===== THE DATA

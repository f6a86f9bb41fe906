// The blocks of a case file, and the bytes that their lines spell.
use golog_base::{Bytes, List, NoMemory, Text, both};
use itoa::Buffer;
use std::alloc::Global;

/// A block: its first line, that line's number, and the bytes that the lines below it spell.
#[derive(Drop)]
pub struct Block {
    pub head: Text,
    pub number: usize,
    pub bytes: Bytes,
}

/// The blocks of a text. A line that spells no bytes begins a block, unless it is empty or begins with `;`.
pub fn blocks_of(alloc: Global, text: &str) -> Result<List<Block>, NoMemory> {
    let mut blocks = List::new(alloc);
    let mut number: usize = 0;
    for line in text.split('\n') {
        number = number.saturating_add(1);
        take_line(alloc, &mut blocks, number, line)?;
    }
    Ok(blocks)
}

fn take_line(
    alloc: Global,
    blocks: &mut List<Block>,
    number: usize,
    line: &str,
) -> Result<(), NoMemory> {
    if line.is_empty() || line.starts_with(';') || put_in_last(alloc, blocks, line)? {
        return Ok(());
    }
    blocks.push(Block {
        head: Text::of(alloc, line)?,
        number,
        bytes: Bytes::new(alloc),
    })
}

/// Whether a line spells bytes, which the last block has then.
fn put_in_last(alloc: Global, blocks: &mut List<Block>, line: &str) -> Result<bool, NoMemory> {
    let Some(mut last) = blocks.pop() else {
        return Ok(false);
    };
    let put = put_line(alloc, &mut last.bytes, blocks.as_slice(), line);
    let ((), is_put) = both(blocks.push(last), put)?;
    Ok(is_put)
}

/// Whether a line below these blocks spells bytes, which stand behind the others then: `@NAME` those of the part of
/// this name, `*FROM..TO LINE` those of the line once for each of these numbers, which stands in place of each `#`.
fn put_line(
    alloc: Global,
    bytes: &mut Bytes,
    blocks: &[Block],
    line: &str,
) -> Result<bool, NoMemory> {
    if let Some(name) = line.strip_prefix('@') {
        return put_part(bytes, blocks, name);
    }
    match line.strip_prefix('*') {
        Some(repeated) => put_repeated(alloc, bytes, repeated),
        None => put_plain(bytes, line),
    }
}

/// The same of other lines: `|TEXT` spells the text and a line feed, `>TEXT` the text alone, and `\XX XX` bytes by
/// their hexadecimal digits.
fn put_plain(bytes: &mut Bytes, line: &str) -> Result<bool, NoMemory> {
    if let Some(text) = line.strip_prefix('|') {
        bytes.extend(text.as_bytes())?;
        bytes.push(b'\n')?;
        return Ok(true);
    }
    if let Some(text) = line.strip_prefix('>') {
        bytes.extend(text.as_bytes())?;
        return Ok(true);
    }
    match line.strip_prefix('\\') {
        Some(digits) => put_hexadecimal(bytes, digits),
        None => Ok(false),
    }
}

fn put_part(bytes: &mut Bytes, blocks: &[Block], name: &str) -> Result<bool, NoMemory> {
    for block in blocks {
        if block.head.as_str().strip_prefix("part ") == Some(name) {
            bytes.extend(block.bytes.as_slice())?;
            return Ok(true);
        }
    }
    Ok(false)
}

fn put_hexadecimal(bytes: &mut Bytes, digits: &str) -> Result<bool, NoMemory> {
    for pair in digits.split(' ') {
        match u8::from_str_radix(pair, 16) {
            Ok(byte) => bytes.push(byte)?,
            Err(_) => return Ok(false),
        }
    }
    Ok(true)
}

/// Two numbers, as `FROM..TO`.
fn range_of(text: &str) -> Option<(u32, u32)> {
    let (from, to) = text.split_once("..")?;
    Some((from.parse::<u32>().ok()?, to.parse::<u32>().ok()?))
}

fn put_repeated(alloc: Global, bytes: &mut Bytes, repeated: &str) -> Result<bool, NoMemory> {
    let Some((range, line)) = repeated.split_once(' ') else {
        return Ok(false);
    };
    match range_of(range) {
        Some(range) => put_times(alloc, bytes, range, line),
        None => Ok(false),
    }
}

fn put_times(
    alloc: Global,
    bytes: &mut Bytes,
    range: (u32, u32),
    line: &str,
) -> Result<bool, NoMemory> {
    let (from, to) = range;
    let mut one = Bytes::new(alloc);
    let is_put = put_plain(&mut one, line)?;
    for number in from..to {
        put_numbered(bytes, one.as_slice(), number)?;
    }
    Ok(is_put)
}

fn put_numbered(bytes: &mut Bytes, one: &[u8], number: u32) -> Result<(), NoMemory> {
    let mut buffer = Buffer::new();
    let digits = buffer.format(number).as_bytes();
    for byte in one {
        if *byte == b'#' {
            bytes.extend(digits)?;
        } else {
            bytes.push(*byte)?;
        }
    }
    Ok(())
}
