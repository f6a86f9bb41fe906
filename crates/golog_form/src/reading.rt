// `read_form`: the limit of 1,048,576 bytes is tested first, and then the form is read that the
// bytes spell, or its first refusal.
ghost use Rattle.std.specs.Prelude.{◌≤◌, length, IfOk, IsTrue, Ok};
ghost use Rattle.golog_base.specs.Files.{file_limit};
ghost use Rattle.golog_form.specs.Printing.{atoms_fit};
ghost use Rattle.golog_form.specs.Places.{IsInOrder};
ghost use Rattle.golog_form.specs.Spelling.{Spells};
ghost use Rattle.golog_form.specs.Faults.{IsAnswer};
ghost use Rattle.golog_form.specs.Gives.{Gives};
ghost use Rattle.golog_form.specs.declared.form.Form.{Form};

use crate::fault::FormFault;
use crate::form::Form;
use crate::parser::parse;
use std::alloc::Global;

// How many bytes a text may have.
const LIMIT: usize = 1_048_576;

/// The form that the bytes spell, all of them, with separators and comments around it. They are refused
/// exactly where a code of [`FormFault::Refused`] fits: 5 first, and else the one with the least place, and
/// at one place the least code.
#[tactic(auto, using(crate::proofs::Laws::laws))]
pub fn read_form(alloc: Global, bytes: &[u8]) -> Result<Form, FormFault>
    // What is read is spelled so.
    ensures found { IfOk result (Spells bytes.now) }
    // Its parts stand in order, each within the list that holds it.
    ensures placed { IfOk result IsInOrder }
    // What is read can be printed.
    ensures printable { IfOk result (λ form. IsTrue (atoms_fit form)) }
    // What is spelled so is read, unless memory runs out.
    ensures only { (form : Form)
        → length bytes.now ≤ file_limit → Spells bytes.now form → Gives result (Ok form) }
    // Each code comes exactly where it is the first that fits, and a form exactly where none fits.
    ensures codes { IsAnswer bytes.now result }
{
    if bytes.len() > LIMIT {
        return Err(FormFault::Refused {
            why: 5,
            at: LIMIT as u32,
        });
    }
    parse(alloc, bytes)
}
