// Case files, from their bytes to cases.
use crate::blocks::blocks_of;
use crate::cases::{Case, Fault, cases_of};
use golog_base::{Files, List, ReadFault, read_all};
use std::alloc::Global;

/// The most bytes of a case file.
const LIMIT: u32 = 1 << 24;

/// The cases of the file of this name.
pub fn cases_in<F: Files>(alloc: Global, files: &mut F, name: &str) -> Result<List<Case>, Fault> {
    match read_all(alloc, files, name, LIMIT) {
        Ok(bytes) => {
            let cases = cases_from(alloc, bytes.as_slice());
            drop(bytes);
            cases
        }
        Err(ReadFault::Memory) => Err(Fault::Memory),
        Err(_) => Err(Fault::Unread),
    }
}

fn cases_from(alloc: Global, bytes: &[u8]) -> Result<List<Case>, Fault> {
    match std::str::from_utf8(bytes) {
        Ok(text) => cases_of(alloc, blocks_of(alloc, text)?),
        Err(_) => Err(Fault::Unread),
    }
}
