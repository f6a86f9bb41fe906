// `FormFault`: why bytes were not read as a form.
ghost use Rattle.std.specs.Prelude.{◌≡◌};
ghost use Rattle.golog_form.specs.declared.fault.FormFault.TheVariants.{Memory};

use golog_base::NoMemory;
use thiserror::Error;

/// Why bytes were not read as a form.
#[derive(Debug, Drop, Error)]
pub enum FormFault {
    /// The bytes spell no form, with the code, 1 to 6, and its place in bytes from 0:
    ///
    /// - 1, the input ends within a list: its length;
    /// - 2, a `)` closes nothing, or a form begins after the first: that byte;
    /// - 3, a byte outside comments has no class: that byte;
    /// - 4, a `(` opens the 129th level: that byte;
    /// - 5, there are more than 1,048,576 bytes: 1,048,576;
    /// - 6, there is no form: the length.
    #[error("refused {why} at {at}")]
    Refused { why: u8, at: u32 },
    /// Memory ran out.
    #[error("memory ran out")]
    Memory,
}

impl From<NoMemory> for FormFault {
    ghost from_gives = { λ _ e. e ≡ Memory };

    fn from(_error: NoMemory) -> FormFault {
        FormFault::Memory
    }
}
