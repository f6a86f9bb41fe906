//! Calls the interpreter by cases: `golog_cases FILE..`. Each case is told in a line, `NAME: ok`, or with what was
//! wanted and what came, and so is a file that can't be read, or a line that can't stand where it does. What stands
//! behind a file's name and a space in one word with it are more words for each of its cases. The status is 0 where
//! all is as it is wanted, and else 1. `CONTRIBUTING.md` says how a case is written.
//!
//! Its stored run is over the files in `data/`, in the order of `args`: `runs` and `constructs`
//! (agents without devices), `searches` (search blocks, without workers and with some), `limits`
//! (programs that run up to a limit of the run), `devices` (agents with scripts, and scripts that
//! are refused), `later` (results that may come later than the program's next steps), `continued`
//! (runs that start from a journal, and heads), `refusals` (agent files of each code, files above
//! their limit, and files that aren't there), `forms`, `theories` and `programs` (the codes of the
//! readers, each limit as it is and above), `conditions` (their truths, also where they grow, and
//! their refusals), `commands` (the commands that run no program, which refusal goes first, and
//! words that are refused), `journals` (whole runs, and a journal for each rule that is broken),
//! `teams` (two agents, each the other's device), `plans` (plans that go on for each value of what
//! is sensed).
#![tactic(auto)]

mod blocks;
mod calls;
mod cases;
mod reading;

use crate::calls::all_so_in;
use golog_base::{FileFiles, OutSink};
use golog_main::words_of;
use std::alloc::AllocError;
use std::io;
use std::process::ExitCode;
use std::sync::Wait;
use std::thread::{Builder, Threads};

/// How many bytes of stack the work has, as much as that of the program `golog`.
const STACK: usize = 1 << 30;

fn main(rt: HostRuntime) -> ExitCode {
    match two_of(&rt) {
        Ok((threads, own)) => match all_so_on_thread(&rt, threads, own) {
            Ok(true) => ExitCode::SUCCESS,
            _ => ExitCode::FAILURE,
        },
        Err(_) => ExitCode::FAILURE,
    }
}

// The runtime twice more: `main` alone may hand it on as one that makes threads.
fn two_of(rt: &HostRuntime) -> Result<(HostRuntime, HostRuntime), AllocError> {
    Ok((rt.clone()?, rt.clone()?))
}

// Does the work on a thread with a large stack, from which those of the devices are made.
fn all_so_on_thread<R: Threads + Wait + Sync + Send + Drop + 'static>(
    rt: &R,
    threads: R,
    own: HostRuntime,
) -> io::Result<bool> {
    let worker = Builder::new()
        .stack_size(STACK)
        .spawn(rt, move || all_so(&threads, &own))?;
    Ok(worker.join(rt)?)
}

// Whether all is as it is wanted in the files that the words name.
fn all_so<R: Threads + Wait + Sync>(threads: &R, rt: &HostRuntime) -> Result<bool, AllocError> {
    let names = words_of(rt)?;
    let mut files = FileFiles::new(rt.clone()?);
    let mut out = OutSink::new(rt.clone()?);
    let mut are_so = true;
    for name in names.as_slice() {
        let is_so = all_so_in(threads, rt.alloc(), &mut files, &mut out, name.as_str());
        are_so = are_so && is_so;
    }
    Ok(are_so)
}
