// `print_form`: the text of a form, with one space between items. It reads back to the form, places
// aside.
ghost use Rattle.std.specs.Prelude.{◌≡◌, ◌++◌, IfOk, OnOk, IsTrue};
ghost use Rattle.golog_form.specs.Printing.{text_of, spaced_texts, atoms_fit, ReadsBack};

use crate::form::Form;
use golog_base::{Bytes, NoMemory};
use std::alloc::Global;

#[cycle(add_form)]
fn add_form(text: &mut Bytes, form: &Form) -> Result<(), NoMemory>
    ensures { OnOk result (text.new ≡ text.old ++ text_of form.now) }
{
    match form {
        Form::Atom { text: atom, .. } => text.extend(atom.as_slice()),
        Form::Group { items, .. } => {
            text.push(b'(')?;
            add_items(text, items.as_slice())?;
            text.push(b')')
        }
    }
}

// Adds the items with one space between them.
#[cycle(add_form)]
fn add_items(text: &mut Bytes, items: &[Form]) -> Result<(), NoMemory>
    ensures { OnOk result (text.new ≡ text.old ++ spaced_texts items.now) }
{
    let [first, others @ ..] = items else {
        return Ok(());
    };
    add_form(text, first)?;
    for other in others {
        text.push(b' ')?;
        add_form(text, other)?;
    }
    Ok(())
}

/// The text of a form, with one space between items and no comments. It reads back to the form but for its
/// places, limits of size and nesting aside. Each atom's text has only bytes of atoms, at least one.
#[tactic(auto, using(crate::proofs::ReadBack::reads_back))]
pub fn print_form(alloc: Global, form: &Form) -> Result<Bytes, NoMemory>
    requires { IsTrue (atoms_fit form.now) }
    ensures text { IfOk result (λ text. text ≡ text_of form.now) }
    ensures back { IfOk result (λ text. ReadsBack text form.now) }
{
    let mut text = Bytes::new(alloc);
    add_form(&mut text, form)?;
    Ok(text)
}
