// The calls of cases, and what is told of them.
ghost use Rattle.std.specs.Prelude.{◌≡◌, ◌↔◌, IsTrue, Some, length};
ghost use Rattle.golog_base.specs.MemSink.{taken_of};
ghost use Rattle.golog_device.specs.Slots.{standings, FreshBelow};

use crate::cases::{Case, Fault, Wanted};
use crate::reading::cases_in;
use golog_base::{
    Bytes, Files, HeldFile, List, MemFiles, MemSink, NoMemory, Sink, both, write_all,
};
use golog_device::Device;
use golog_main::{golog, script_devices};
use golog_script::ScriptDevice;
use itoa::Buffer;
use std::alloc::Global;
use std::sync::Wait;
use std::thread::Threads;

/// How many bytes a call may write.
const ROOM: u32 = 13_000_000;

/// Whether the file that is named can be read and what comes of its cases is wanted. What stands behind the name and
/// a space are more words for each case. Each case is told.
pub fn all_so_in<R: Threads + Wait + Sync, F: Files, K: Sink>(
    rt: &R,
    alloc: Global,
    files: &mut F,
    out: &mut K,
    named: &str,
) -> bool {
    let (name, more) = named.split_once(' ').unwrap_or((named, ""));
    match cases_in(alloc, files, name) {
        Ok(cases) => all_so(rt, alloc, out, cases, more),
        Err(fault) => {
            tell_fault(alloc, out, name, fault);
            false
        }
    }
}

/// Tells why the file of this name holds no cases.
fn tell_fault<K: Sink>(alloc: Global, out: &mut K, name: &str, fault: Fault) {
    let told = match fault {
        Fault::Memory => format!(in alloc; "{name}: memory ran out\n"),
        Fault::Unread => format!(in alloc; "{name}: not read\n"),
        Fault::Line(number) => format!(in alloc; "{name} line {number}: not understood\n"),
    };
    if let Ok(text) = &told {
        let _ = write_all(out, text.as_bytes());
    }
    drop(told);
}

fn all_so<R: Threads + Wait + Sync, K: Sink>(
    rt: &R,
    alloc: Global,
    out: &mut K,
    cases: List<Case>,
    more: &str,
) -> bool {
    let mut are_so = true;
    for case in cases.into_vec() {
        let is_so = matches!(tried_with(rt, alloc, out, case, more), Ok(true));
        are_so = are_so && is_so;
    }
    are_so
}

/// Whether what comes of a case with more words behind its own is what it wants, which is told.
fn tried_with<R: Threads + Wait + Sync, K: Sink>(
    rt: &R,
    alloc: Global,
    out: &mut K,
    mut case: Case,
    more: &str,
) -> Result<bool, NoMemory> {
    match case.add_more(alloc, more) {
        Ok(()) => tried(rt, alloc, out, case),
        Err(error) => {
            drop(case);
            Err(error)
        }
    }
}

/// What a call answered and wrote.
#[derive(Drop)]
struct Call {
    status: u8,
    out: MemSink,
}

/// Whether what comes of a case is what it wants, which is told.
fn tried<R: Threads + Wait + Sync, K: Sink>(
    rt: &R,
    alloc: Global,
    out: &mut K,
    case: Case,
) -> Result<bool, NoMemory> {
    let Case {
        name,
        words,
        files,
        wanted,
    } = case;
    let told = match called(rt, alloc, words, files) {
        Ok(call) => told_of(alloc, out, name.as_str(), &wanted, call),
        Err(error) => Err(error),
    };
    drop(name);
    drop(wanted);
    told
}

/// Calls the interpreter over devices that follow scripts.
fn called<R: Threads + Wait + Sync>(
    rt: &R,
    alloc: Global,
    words: Vec<String>,
    files: List<HeldFile>,
) -> Result<Call, NoMemory> {
    let outside = MemSink::new(alloc, ROOM, List::new(alloc));
    let (out, devices) = both(outside, script_devices(alloc))?;
    Ok(called_with(rt, alloc, words, files, out, devices))
}

fn called_with<R: Threads + Wait + Sync>(
    rt: &R,
    alloc: Global,
    words: Vec<String>,
    files: List<HeldFile>,
    mut out: MemSink,
    mut devices: Vec<ScriptDevice>,
) -> Call
    requires as_many { length devices.items ≡ 16 }
    requires fresh { FreshBelow 16
        (standings ⟦<ScriptDevice as Device>⟧.fresh ⟦<ScriptDevice as Device>⟧.meaning devices.items) }
{
    let mut files = MemFiles::new(files, List::new(alloc));
    let status = golog(
        rt,
        alloc,
        words.as_slice(),
        &mut files,
        &mut out,
        devices.as_mut_slice(),
    );
    drop(words);
    drop(files);
    drop(devices);
    Call { status, out }
}

/// Whether this came of a case that wants that, which is told.
fn told_of<K: Sink>(
    alloc: Global,
    out: &mut K,
    name: &str,
    wanted: &Wanted,
    call: Call,
) -> Result<bool, NoMemory> {
    let is_so = is_wanted(wanted, &call);
    let account = if is_so {
        joined(alloc, name, ": ok\n")
    } else {
        account_of(alloc, name, wanted, &call)
    };
    drop(call);
    let account = account?;
    Ok(write_all(out, account.as_slice()).is_ok() && is_so)
}

/// Whether a call has the status and the text that are wanted.
fn is_wanted(wanted: &Wanted, call: &Call) -> bool
    ensures { IsTrue result ↔ (wanted.now.status ≡ Some call.now.status)
        × (wanted.now.text ≡ taken_of call.now.out) }
{
    wanted.status == Some(call.status) && wanted.text.as_slice() == call.out.bytes()
}

fn joined(alloc: Global, one: &str, other: &str) -> Result<Bytes, NoMemory> {
    let mut bytes = Bytes::copy_of(alloc, one.as_bytes())?;
    bytes.extend(other.as_bytes())?;
    Ok(bytes)
}

/// What a case wants, and what came in its place.
fn account_of(alloc: Global, name: &str, wanted: &Wanted, call: &Call) -> Result<Bytes, NoMemory> {
    let mut account = joined(alloc, name, ": wanted")?;
    push_said(&mut account, wanted.status, wanted.text.as_slice())?;
    account.extend(b"came")?;
    push_said(&mut account, Some(call.status), call.out.bytes())?;
    Ok(account)
}

/// Puts a status, where there is one, and a text behind an account.
fn push_said(account: &mut Bytes, status: Option<u8>, text: &[u8]) -> Result<(), NoMemory> {
    if let Some(status) = status {
        account.push(b' ')?;
        account.extend(Buffer::new().format(status).as_bytes())?;
    }
    account.push(b'\n')?;
    account.extend(text)
}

==========

» **DIRECTIONS**:
In the data above, start at the line that has "let told = match called(rt, alloc, words, files)", stop after the line that has "that follow scripts.", and print every line in between exactly as it stands.

» **ANSWER BELOW**:
    let told = match called(rt, alloc, words, files) {
        Ok(call) => told_of(alloc, out, name.as_str(), &wanted, call),
        Err(error) => Err(error),
    };
    drop(name);
    drop(wanted);
    told
}

/// Calls the interpreter over devices that follow scripts.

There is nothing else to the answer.